### WHAT THE TASK REQUIRES
Repeat, please, only the lines from the top of the data down to the line with "#[tactic(auto, using(crate::proofs::Exact::bytes_of))]"; include both of those lines.

### GIVEN RECORDS
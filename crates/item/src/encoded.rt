// Bytes of encoded items, and parts of them.
ghost use Rattle.std.specs.Prelude.{◌≡◌, ◌-◌, ◌≤◌, ◌^◌, length, take, drop};
ghost use Rattle.item.specs.Encode.{Bytes};

use crate::Walk;

/// Bytes of encoded items, at most `LIMIT` of them, so that each length fits its header. They may be any.
// No equality, here and below: it would call `memcmp`, which no library does.
#[derive(Clone, Copy, Debug)]
pub struct Encoded<'a> {
    pub bytes: &'a [u8],
    pub ghost short: { length bytes.now ≤ 2 ^ 20 },
}

/// The part of such bytes from `from` to `to`, where items or entries stand one behind another. Its places are those of all bytes.
// Which they are is said in each clause (`HoldsIn`, `LiesIn`), and by no ghost field: only the clause knows them.
#[derive(Clone, Copy, Debug)]
pub struct Part<'a> {
    pub bytes: &'a [u8],
    pub from: usize,
    pub to: usize,
    pub ghost inside: { (from ≤ to) × (to ≤ length bytes.now) × (length bytes.now ≤ 2 ^ 20) },
}

// Of a slice that is passed it is known that its numbers are bytes, and of one in a struct it is not.
#[tactic(auto, using(crate::proofs::Exact::bytes_of))]
#[inline(always)]
fn lent(bytes: &[u8]) -> &[u8]
    ensures same { result ≡ bytes.entry }
    ensures bytes { Bytes bytes.now }
{
    bytes
}

impl<'a> Encoded<'a> {
    /// The bytes themselves.
    #[inline(always)]
    pub fn all(self) -> &'a [u8]
        ensures same { result ≡ self.entry.bytes }
        ensures bytes { Bytes self.entry.bytes.now }
    {
        lent(self.bytes)
    }

    /// The part between two places; where these are no places in order, some part.
    #[inline(always)]
    pub fn part(self, from: usize, to: usize) -> Part<'a>
        ensures bytes { result.bytes ≡ self.entry.bytes }
        ensures places { from ≤ to → to ≤ length self.entry.bytes.now → (result.from ≡ from) × (result.to ≡ to) }
    {
        let to = to.min(self.bytes.len());
        Part {
            bytes: self.bytes,
            from: from.min(to),
            to,
        }
    }

    /// The bytes between two places, lent as bytes of their own.
    #[inline(always)]
    pub fn slice(self, from: usize, to: usize) -> Encoded<'a>
        requires { (from ≤ to) × (to ≤ length self.bytes.now) }
        ensures { result.bytes.now ≡ take (to - from) (drop from self.entry.bytes.now) }
    {
        let bytes = self.bytes;
        Encoded {
            bytes: &bytes[from..to],
        }
    }
}

impl<'a> Part<'a> {
    /// All bytes, of which this is a part.
    #[inline(always)]
    pub fn encoded(self) -> Encoded<'a>
        ensures { result.bytes ≡ self.entry.bytes }
    {
        Encoded { bytes: self.bytes }
    }

    /// What stands one behind another in it.
    #[inline(always)]
    pub fn walk<T>(self) -> Walk<'a, T>
        ensures bytes { result.bytes ≡ self.entry.bytes }
        ensures at { result.at ≡ self.entry.from }
        ensures to { result.to ≡ self.entry.to }
    {
        Walk::within(self.bytes, self.from, self.to)
    }
}
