// Whether a key stands twice among entries, whatever their keys are: the first keys are put in order, each key behind them is looked up
// there, and so on with those behind.
ghost use Rattle.std.specs.Prelude.{◌<◌, ◌^◌, ◌+◌, ◌≡◌, ◌≤◌, IfSome, length};
ghost use Rattle.std.specs.Ordering.{nat_cmp};
ghost use Rattle.std.specs.Cmp.Lexicographic.{slice_cmp};
ghost use Rattle.item.specs.Tree.{Entries};
ghost use Rattle.entries.specs.Entries.{LiesIn, key_twice};
ghost use Rattle.entries.specs.Contract.{key_cmp, Inside, InOrder, Inserted, AgreesChunk};

use crate::Pair;
use item::Part;
use std::cmp::Ordering;

// As many keys as are put in order at once.
const KEYS: usize = 2048;

// Where a key stands in the bytes; small, since many are kept.
#[derive(Clone, Copy)]
struct KeyPlace {
    start: u32,
    end: u32,
}

// Keys of some bytes in their order, by the first `count` of the places.
#[derive(Drop)]
struct Run<'a> {
    bytes: &'a [u8],
    places: [KeyPlace; KEYS],
    count: usize,
    ghost in_order: { InOrder bytes.now places count },
}

// A loop, since on short keys the order of slices takes nearly twice as long, and that of their iterators twice as many instructions.
fn compare_bytes(a: &[u8], b: &[u8]) -> Ordering
    requires { length a.now ≡ length b.now }
    ensures { result ≡ slice_cmp nat_cmp a.now b.now }
{
    for (x, y) in a.iter().zip(b) {
        let order = x.cmp(y);
        if order.is_ne() {
            return order;
        }
    }
    Ordering::Equal
}

// The shorter is below, so that most are told by their lengths. Asked first whether these are equal: `then_with` makes their order before,
// which takes two instructions more for each key.
fn compare(a: &[u8], b: &[u8]) -> Ordering
    ensures { result ≡ key_cmp a.now b.now }
{
    if a.len() != b.len() {
        return a.len().cmp(&b.len());
    }
    compare_bytes(a, b)
}

// A place put in among the first of some. A loop, since libraries call no `memmove`, as `copy_within` and `rotate_right` may; and by index,
// since each place is read where its neighbour is written, and no iterator lends both.
fn insert(places: &mut [KeyPlace; KEYS], count: usize, index: usize, place: KeyPlace)
    requires { (index ≤ count) × (count < 2 ^ 11) }
    ensures { Inserted places.old places.new count index place }
{
    for i in (index..count).rev() {
        places[i + 1] = places[i];
    }
    places[index] = place;
}

impl Run<'_> {
    ghost use Rattle.entries.specs.Contract.{key_of, key_in, Gap, Located};

    fn clear(&mut self)
        ensures bytes { self.new.bytes.now ≡ self.old.bytes.now }
        ensures empty { self.new.count ≡ 0 }
    {
        self.count = 0;
    }

    #[tactic(auto, unfolding(crate::specs::Contract::key_of))]
    fn key(&self, index: usize) -> &[u8]
        requires { index < self.now.count }
        ensures { result.now ≡ key_in self.now.bytes.now self.now.places index }
    {
        let place = self.places[index];
        &self.bytes[place.start as usize..place.end as usize]
    }

    // Where a key goes among these; or where it is one of them. A loop, since std's `binary_search_by` compares once more, and goes on
    // where the key is found, which takes more instructions on keys that share a word.
    fn place_of(&self, key: &[u8]) -> Result<usize, usize>
        ensures { Located self.now.bytes.now self.now.places self.now.count key.now result }
    {
        let mut low = 0;
        let mut high = self.count;
        while low < high {
            let middle = (low + high) / 2;
            match compare(self.key(middle), key) {
                Ordering::Less => low = middle + 1,
                Ordering::Equal => return Ok(middle),
                Ordering::Greater => high = middle,
            }
        }
        Err(low)
    }

    fn insert(&mut self, index: usize, place: KeyPlace)
        requires room { self.old.count < 2 ^ 11 }
        requires inside { Inside self.old.bytes.now place }
        requires gap { Gap self.old.bytes.now self.old.places self.old.count (key_of self.old.bytes.now place) index }
        ensures bytes { self.new.bytes.now ≡ self.old.bytes.now }
        ensures count { self.new.count ≡ self.old.count + 1 }
        ensures places { Inserted self.old.places self.new.places self.old.count index place }
    {
        insert(&mut self.places, self.count, index, place);
        self.count += 1;
    }
}

// The first entries are put in order, and those behind them are looked up: where the entries behind the first begin, unless a key stands
// twice.
#[tactic(auto, using(crate::proofs::Walking::places_of))]
fn chunk_repeats(part: Part<'_>, run: &mut Run<'_>) -> Option<usize>
    requires some { (part.from < part.to) }
    requires same_bytes { run.old.bytes.now ≡ part.bytes.now }
    ensures bytes { run.new.bytes.now ≡ part.entry.bytes.now }
    ensures goes_on { IfSome result (λ behind. part.entry.from < behind) }
    ensures agrees_chunk { (es : Entries) → LiesIn part.entry es → AgreesChunk part.entry.bytes.now part.entry.to es result }
{
    run.clear();
    let mut behind = part.from;
    for pair in part.walk::<Pair>() {
        let Ok(pair) = pair else {
            return Some(part.to);
        };
        let key = &part.bytes[pair.start..pair.end];
        let Err(index) = run.place_of(key) else {
            return None;
        };
        if run.count < KEYS {
            let place = KeyPlace {
                start: pair.start as u32,
                end: pair.end as u32,
            };
            run.insert(index, place);
            behind = pair.next;
        }
    }
    Some(behind)
}

// Kept out of its caller's frame, so that its keys and the caller's bits never lie on the stack together. A `while`, as it goes on where a
// chunk ends.
#[inline(never)]
#[tactic(auto, using(crate::proofs::Twice::judged_all))]
pub(crate) fn sorted_repeats(part: Part<'_>) -> bool
    ensures { (es : Entries) → LiesIn part.entry es → result ≡ key_twice es }
{
    let mut run = Run {
        bytes: part.bytes,
        places: [KeyPlace { start: 0, end: 0 }; KEYS],
        count: 0,
    };
    let mut at = part.from;
    while at < part.to {
        let others = part.encoded().part(at, part.to);
        let Some(behind) = chunk_repeats(others, &mut run) else {
            return true;
        };
        at = behind;
    }
    false
}
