// Encoded items side by side, as a sequence, a mapping or a record has them: an entry of a mapping is its key's item, then its value's.
// The bytes may be any; where no items stand there, an answer is only within them.
#![tactic(auto)]

ghost use Rattle.std.specs.Prelude.{◌≡◌, ◌-◌, take, drop};
ghost use Rattle.item.specs.Tree.{Entries, has_key, get};
ghost use Rattle.item.specs.Encode.{encode};
ghost use Rattle.item.specs.Places.{header_at};
ghost use Rattle.entries.specs.Entries.{LiesIn, HoldsIn, pair_at, PairPlaces, Paired, place_of, Finds, FoundInside, span_at, nth_item};

mod filter;
mod sorted;

pub use filter::repeats;
use item::{Broken, Found, Part, Placed, equal_bytes, header_at};

/// An item by its places.
#[derive(Clone, Copy, Debug, PartialEq, Eq)]
pub struct Span {
    pub start: usize,
    pub end: usize,
}

/// An entry: where its key's text begins and ends, which is where its value's item begins; the value's kind and its end.
// Its key is no method: a part between two places is known by computation, what a call answers by an equation, by which the answers of all
// who ask for it would first rewrite.
#[derive(Clone, Copy, Debug, PartialEq, Eq)]
pub struct Pair {
    pub start: usize,
    pub end: usize,
    // Nothing reads it; `pair_at` promises it, as what an entry's two headers say.
    pub kind: usize,
    pub next: usize,
}

impl Placed for Pair {
    ghost reads = { pair_at };

    ghost ends = { λ pair. pair.next };

    #[inline(always)]
    fn read(bytes: &[u8], at: usize) -> Result<Pair, Broken> {
        pair_at(bytes, at)
    }

    #[inline(always)]
    fn end(self) -> usize {
        self.next
    }
}

/// The item that begins at `at`: any place of any bytes.
#[tactic(auto, unfolding(crate::specs::Entries::span_at))]
pub fn item_at(s: &[u8], at: usize) -> Option<Span>
    ensures { result ≡ span_at at (header_at s.now at) }
{
    let item = header_at(s, at).ok()?;
    Some(Span {
        start: at,
        end: item.to,
    })
}

/// The item that stands `skip` items behind the one at `from`.
// A loop, since `nth` of a walk takes sixteen instructions for an item, and this eleven: a walk asks for its end, too.
#[tactic(auto, using(crate::proofs::Counting::nth_on, crate::proofs::Counting::nth_lost), unfolding(crate::specs::Entries::nth_item))]
pub fn nth_item(s: &[u8], from: usize, skip: usize) -> Option<Span>
    ensures { result ≡ nth_item s.now from skip }
{
    let mut at = from;
    for _ in 0..skip {
        at = item_at(s, at)?.end;
    }
    item_at(s, at)
}

/// The entry that begins at `at`: any place of any bytes. Its key may be of any kind.
#[tactic(auto, using(crate::proofs::Walking::pair_places, crate::proofs::Walking::paired), unfolding(crate::specs::Entries::pair_at, crate::specs::Entries::with_key, crate::specs::Entries::with_value))]
pub fn pair_at(s: &[u8], at: usize) -> Result<Pair, Broken>
    ensures value { result ≡ pair_at s.now at }
    ensures pair_places { PairPlaces s.now at result }
    ensures entry { Paired s.now at result }
{
    let key = header_at(s, at)?;
    let value = header_at(s, key.to)?;
    Ok(Pair {
        start: key.from,
        end: key.to,
        kind: value.kind,
        next: value.to,
    })
}

/// The place of a key's value among the entries of a part.
#[tactic(auto, using(crate::proofs::Walking::places_of))]
pub fn find(part: Part<'_>, key: &[u8]) -> Found
    ensures found_inside { FoundInside part.entry.bytes.now result }
    ensures value { (es : Entries) → HoldsIn part.entry es → Finds part.entry.bytes.now (get key.now es) result }
    ensures place { (es : Entries) → LiesIn part.entry es → result ≡ place_of key.now part.entry.from es }
{
    for pair in part.walk::<Pair>() {
        let Ok(pair) = pair else {
            return Found::Nothing;
        };
        // As `same_bytes` has it, but the lengths before the part is lent: most keys differ there, and are spared its bounds.
        let is_as_long = pair.end - pair.start == key.len();
        if is_as_long && equal_bytes(&part.bytes[pair.start..pair.end], key) {
            return Found::At(pair.end);
        }
    }
    Found::Nothing
}

/// Whether a key is one of the entries of a part.
#[tactic(auto, using(crate::proofs::Walking::keys))]
pub fn has_key(part: Part<'_>, key: &[u8]) -> bool
    ensures { (es : Entries) → LiesIn part.entry es → result ≡ has_key key.now es }
{
    matches!(find(part, key), Found::At(_))
}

### SOLUTION TO THE EXERCISE
filename crates/item/src/encoded.rt
// Bytes of encoded items, and parts of them.
ghost use Rattle.std.specs.Prelude.{◌≡◌, ◌-◌, ◌≤◌, ◌^◌, length, take, drop};
ghost use Rattle.item.specs.Encode.{Bytes};

use crate::Walk;

/// Bytes of encoded items, at most `LIMIT` of them, so that each length fits its header. They may be any.
// No equality, here and below: it would call `memcmp`, which no library does.
#[derive(Clone, Copy, Debug)]
pub struct Encoded<'a> {
    pub bytes: &'a [u8],
    pub ghost short: { length bytes.now ≤ 2 ^ 20 },
}

/// The part of such bytes from `from` to `to`, where items or entries stand one behind another. Its places are those of all bytes.
// Which they are is said in each clause (`HoldsIn`, `LiesIn`), and by no ghost field: only the clause knows them.
#[derive(Clone, Copy, Debug)]
pub struct Part<'a> {
    pub bytes: &'a [u8],
    pub from: usize,
    pub to: usize,
    pub ghost inside: { (from ≤ to) × (to ≤ length bytes.now) × (length bytes.now ≤ 2 ^ 20) },
}

// Of a slice that is passed it is known that its numbers are bytes, and of one in a struct it is not.
#[tactic(auto, using(crate::proofs::Exact::bytes_of))]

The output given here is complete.